- [Task] Exactly one number should make up the answer: how many lines of the listing contain the string "with".

Start of Excerpted records

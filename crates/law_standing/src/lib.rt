//! The law of agreement for standing ballots, in which one promise covers every place from a stated one on: over every
//! schedule, two commands that are chosen for one place are equal ("The Part-Time Parliament", 1998; "Paxos Made Simple", 2001).
//!
//! To the layers above it promises this and what goes with it: what is chosen stays chosen, only what a server wanted is
//! chosen, what is told of a place is what was chosen there, and what a letter says stands on its sender's device. It speaks of the
//! definitions of `spec_paxos` alone and knows nothing of code.
#![tactic(auto)]

ghost use Rattle.std.specs.Prelude.{◌≡◌, ◌≤◌, ◌++◌, ℕ, List, [], ◌∷◌, Option, Some};
ghost use Rattle.petal_command.specs.declared.ballot.Ballot.{Ballot};
ghost use Rattle.petal_command.specs.declared.command.Command.{Command};
ghost use Rattle.law_standing.specs.Runs.{three};
ghost use Rattle.spec_paxos.specs.Member.{In};
ghost use Rattle.spec_paxos.specs.Acceptor.{rank};
ghost use Rattle.spec_paxos.specs.standing.Letters.{Report, Promise, Accepted, Chosen};
ghost use Rattle.spec_paxos.specs.standing.Kept.{promised_at, known_at};
ghost use Rattle.spec_paxos.specs.standing.Kept.{Accepted as Vote};
ghost use Rattle.spec_paxos.specs.standing.Schedule.{Setting, Fits, Event, Starts, Proposes, Handed, Boots, Goes, StopsAfter, sent, run, begin};
ghost use Rattle.spec_paxos.specs.standing.Schedule.{IsChosen, IsWanted};

mod schedules;

pub use law_agreement::majorities_meet;
pub use schedules::{a_later_ballot_takes_over, the_least_until_counts};

/// In every schedule, two commands chosen for one place are equal.
pub fn one_value()
    ensures { (o : Setting) (events : List Event) (place : ℕ) (v u : Command) → Fits o → IsChosen o.servers (run o events begin) place v
        → IsChosen o.servers (run o events begin) place u → v ≡ u }
{}

/// What is chosen stays chosen, and some server wanted it.
pub fn chosen_stays()
    ensures lasting { (o : Setting) (early late : List Event) (place : ℕ) (v : Command) → Fits o → IsChosen o.servers (run o early begin) place v
        → IsChosen o.servers (run o (early ++ late) begin) place v }
    ensures wanted { (o : Setting) (events : List Event) (place : ℕ) (v : Command) → Fits o → IsChosen o.servers (run o events begin) place v
        → IsWanted events place v }
{}

/// What a letter tells to be chosen, and what a state device knows to be chosen, is chosen.
pub fn told_is_chosen()
    ensures letters { (o : Setting) (events : List Event) (server place : ℕ) (v : Command) → Fits o
        → In (sent server (Chosen place v)) (run o events begin).letters → IsChosen o.servers (run o events begin) place v }
    ensures devices { (o : Setting) (events : List Event) (server place : ℕ) (v : Command) → Fits o
        → known_at ((run o events begin).devices server) place ≡ Some v → IsChosen o.servers (run o events begin) place v }
{}

/// A promise or an acceptance in a letter ever sent stands on its sender's device: the promise for every place from its own on, and
/// with it the acceptances that it lists.
pub fn letters_stand()
    ensures promises { (o : Setting) (events : List Event) (server first : ℕ) (b : Ballot) (until : Option ℕ) (listed : List Report) → Fits o
        → In (sent server (Promise first b until listed)) (run o events begin).letters → (place : ℕ) → first ≤ place
        → rank (Some b) ≤ rank (promised_at ((run o events begin).devices server) place) }
    ensures lists { (o : Setting) (events : List Event) (server first : ℕ) (b : Ballot) (until : Option ℕ) (listed : List Report) → Fits o
        → In (sent server (Promise first b until listed)) (run o events begin).letters → (r : Report) → In r listed
        → In (Vote r.0 r.1 r.2) ((run o events begin).devices server) }
    ensures acceptances { (o : Setting) (events : List Event) (server place : ℕ) (b : Ballot) → Fits o
        → In (sent server (Accepted place b)) (run o events begin).letters → (v : Command) × In (Vote place b v) ((run o events begin).devices server) }
{}

/// The law speaks of something: three servers choose a command for place 1, though one of them stops after its commit and
/// boots again, and the third learns of it.
pub fn some_value()
    ensures { (v : Command) → known_at ((run three (Starts 0 1 1 Goes ∷ Handed 0 0 Goes ∷ Handed 1 1 Goes ∷ Handed 0 0 Goes ∷ Handed 1 0 Goes
        ∷ Proposes 0 1 v ∷ Handed 0 0 Goes ∷ Handed 1 1 StopsAfter ∷ Boots 1 Goes ∷ Handed 1 1 Goes ∷ Handed 0 0 Goes ∷ Handed 1 0 Goes
        ∷ Handed 0 2 Goes ∷ []) begin).devices 2) 1 ≡ Some v }
{}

End of Excerpted records

- [Result of the task] 2